◆ Entries shown:
/---

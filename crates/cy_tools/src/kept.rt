// Which messages of a record are kept.
ghost use Rattle.std.specs.Prelude.{◌≡◌, ◌<◌, ◌+◌, ◌^◌, length, false, ◌&&◌, slice_index_or};
ghost use Rattle.std.specs.Prelude.{IfOk, IsOkUnless};
ghost use Rattle.cy_msg.specs.Filter.{lets_time};
ghost use Rattle.cy_tools.specs.private.Keeping.{IsTable, IsReady, choice_of, keeps, IsFoundAt};
ghost use Rattle.cy_tools.specs.private.Keeping.{IsNextFrom};

use cy_msg::Filter;
use cy_reader::Loaded;
use cy_writer::WriteError;
use std::alloc::Global;

// A filter over the channels of a record: whether it lets a channel through is asked once for each.
#[derive(Drop)]
pub(crate) struct Lets<'a> {
    filter: &'a Filter,
    channels: Vec<bool>,
}

// The messages of a record that are kept: those that a filter lets through, or all.
#[derive(Drop)]
pub(crate) struct Kept<'a> {
    pub loaded: Loaded<'a>,
    pub lets: Option<Lets<'a>>,
}

// A message that is kept: its place, the number of its channel, and its time.
#[derive(Clone, Copy)]
pub(crate) struct Found {
    pub place: u32,
    pub channel: u32,
    pub time: u64,
}

impl<'a> Lets<'a> {
    // What a filter lets through of a record.
    pub(crate) fn of(
        alloc: Global,
        loaded: &Loaded<'_>,
        filter: &'a Filter,
    ) -> Result<Self, WriteError>
        ensures filter { IfOk result (λ l. l.filter.now ≡ filter.now) }
        ensures table { IfOk result (IsTable loaded.now.channels) }
        ensures only_memory { IsOkUnless result WriteError.Memory }
    {
        let mut channels = Vec::with_capacity(alloc, loaded.channels() as usize)?;
        for number in 0..loaded.channels() {
            let name = loaded.channel(number).name.as_str();
            channels.push(filter.lets_channel(name))?;
        }
        Ok(Lets { filter, channels })
    }

    // Whether it lets a message through.
    fn lets(&self, channel: u32, time: u64) -> bool
        requires { channel < length self.now.channels.items }
        ensures { result ≡ (slice_index_or self.now.channels.items channel false
            && lets_time self.now.filter.now time) }
    {
        self.channels[channel as usize] && self.filter.lets_time(time)
    }
}

impl Kept<'_> {
    // Whether a message is kept.
    fn keeps(&self, channel: u32, time: u64) -> bool
        requires ready { IsReady self.now }
        requires there { channel < length self.now.loaded.channels }
        ensures { result ≡ keeps (choice_of self.now) self.now.loaded.channels channel time }
    {
        match &self.lets {
            None => true,
            Some(lets) => lets.lets(channel, time),
        }
    }

    // The message at a place, where it is kept.
    pub(crate) fn at(&self, place: u32) -> Option<Found>
        requires ready { IsReady self.now }
        requires there { place < length self.now.loaded.messages }
        requires countable { place + 1 < 2 ^ 32 }
        ensures { IsFoundAt self.now place result }
    {
        let (channel, time) = self.loaded.message(place);
        if self.keeps(channel, time) {
            Some(Found {
                place,
                channel,
                time,
            })
        } else {
            None
        }
    }

    // The first message from a place on that is kept.
    pub(crate) fn next_from(&self, place: u32) -> Option<Found>
        requires { IsReady self.now }
        ensures { IsNextFrom self.now place result }
    {
        for next in place..self.loaded.messages() {
            if let Some(found) = self.at(next) {
                return Some(found);
            }
        }
        None
    }
}
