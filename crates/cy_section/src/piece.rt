// Bytes of sections, gathered in memory.
ghost use Rattle.std.specs.Prelude.{◌≡◌, ◌+◌, ◌≤◌, ◌++◌, [], List, ℕ, length, take, drop, OnOk};
ghost use Rattle.std.specs.Prelude.{OnErr, IsOkUnless};

use crate::SectionError;
use bytes::BufMut;
use std::alloc::Global;
use std::marker::Model;

/// Bytes of sections, gathered in memory: contracts see them as a list.
#[derive(Drop)]
pub struct Piece {
    pub(crate) bytes: Vec<u8>,
}

impl Model for Piece {
    ghost Value = { List ℕ };

    ghost view = { λ p. p.bytes.items };
}

/// Writes over the bytes from a place on.
fn write_over(bytes: &mut [u8], start: usize, front: &[u8])
    requires { start + length front.now ≤ length bytes.old }
    ensures after { bytes.new ≡ take start bytes.old
        ++ (front.now ++ drop (start + length front.now) bytes.old) }
    ensures len { length bytes.new ≡ length bytes.old }
{
    bytes[start..start + front.len()].copy_from_slice(front);
}

impl Piece {
    /// No bytes yet; this takes no memory.
    pub fn new(alloc: Global) -> Self
        ensures { result ≡ [] }
    {
        Piece {
            bytes: Vec::new(alloc),
        }
    }

    /// The bytes so far.
    pub fn bytes(&self) -> &[u8]
        ensures { result.now ≡ self.now }
    {
        self.bytes.as_slice()
    }

    /// Forgets the bytes and keeps their room.
    pub fn clear(&mut self)
        ensures { self.new ≡ [] }
    {
        self.bytes.clear();
    }

    /// The bytes as a `Vec`, with no copy.
    pub fn into_vec(self) -> Vec<u8>
        ensures { result.items ≡ self }
    {
        let Piece { bytes } = self;
        bytes
    }

    /// Makes room for so many further bytes, and for more where the bytes have to move. The bytes
    /// stay, whatever the answer.
    pub fn reserve(&mut self, additional: usize) -> Result<(), SectionError>
        ensures same { self.new ≡ self.old }
        ensures only_memory { IsOkUnless result SectionError.Memory }
    {
        self.bytes.reserve(additional)?;
        Ok(())
    }

    /// What gives the bytes their memory.
    pub(crate) fn alloc(&self) -> Global {
        *self.bytes.allocator()
    }

    /// Forgets the bytes from a place on.
    pub(crate) fn truncate(&mut self, len: usize)
        ensures { self.new ≡ take len self.old }
    {
        self.bytes.truncate(len);
    }

    /// Writes over the bytes from a place on.
    pub(crate) fn overwrite(&mut self, start: usize, front: &[u8])
        requires { start + length front.now ≤ length self.old }
        ensures { self.new ≡ take start self.old
            ++ (front.now ++ drop (start + length front.now) self.old) }
    {
        write_over(self.bytes.as_mut_slice(), start, front);
    }

    /// Appends two runs of bytes, one after the other. Want of memory changes nothing.
    pub(crate) fn append(&mut self, first: &[u8], second: &[u8]) -> Result<(), SectionError>
        ensures ok { OnOk result (self.new ≡ self.old ++ (first.now ++ second.now)) }
        ensures err { OnErr result (self.new ≡ self.old) }
        ensures only_memory { IsOkUnless result SectionError.Memory }
    {
        // Room for both at once, so that a want of memory leaves nothing half written.
        self.bytes.reserve(first.len() + second.len())?;
        self.bytes.put_slice(first)?;
        self.bytes.put_slice(second)?;
        Ok(())
    }
}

\---

◆ Description of the task: In the entries above, the lines from the one bearing "through, or all." up to and including the one bearing "let name = loaded.channel(number).name.as_str();" should be transcribed exactly; no other line is wanted.

◆ Expected answer:
// The messages of a record that are kept: those that a filter lets through, or all.
#[derive(Drop)]
pub(crate) struct Kept<'a> {
    pub loaded: Loaded<'a>,
    pub lets: Option<Lets<'a>>,
}

// A message that is kept: its place, the number of its channel, and its time.
#[derive(Clone, Copy)]
pub(crate) struct Found {
    pub place: u32,
    pub channel: u32,
    pub time: u64,
}

impl<'a> Lets<'a> {
    // What a filter lets through of a record.
    pub(crate) fn of(
        alloc: Global,
        loaded: &Loaded<'_>,
        filter: &'a Filter,
    ) -> Result<Self, WriteError>
        ensures filter { IfOk result (λ l. l.filter.now ≡ filter.now) }
        ensures table { IfOk result (IsTable loaded.now.channels) }
        ensures only_memory { IsOkUnless result WriteError.Memory }
    {
        let mut channels = Vec::with_capacity(alloc, loaded.channels() as usize)?;
        for number in 0..loaded.channels() {
            let name = loaded.channel(number).name.as_str();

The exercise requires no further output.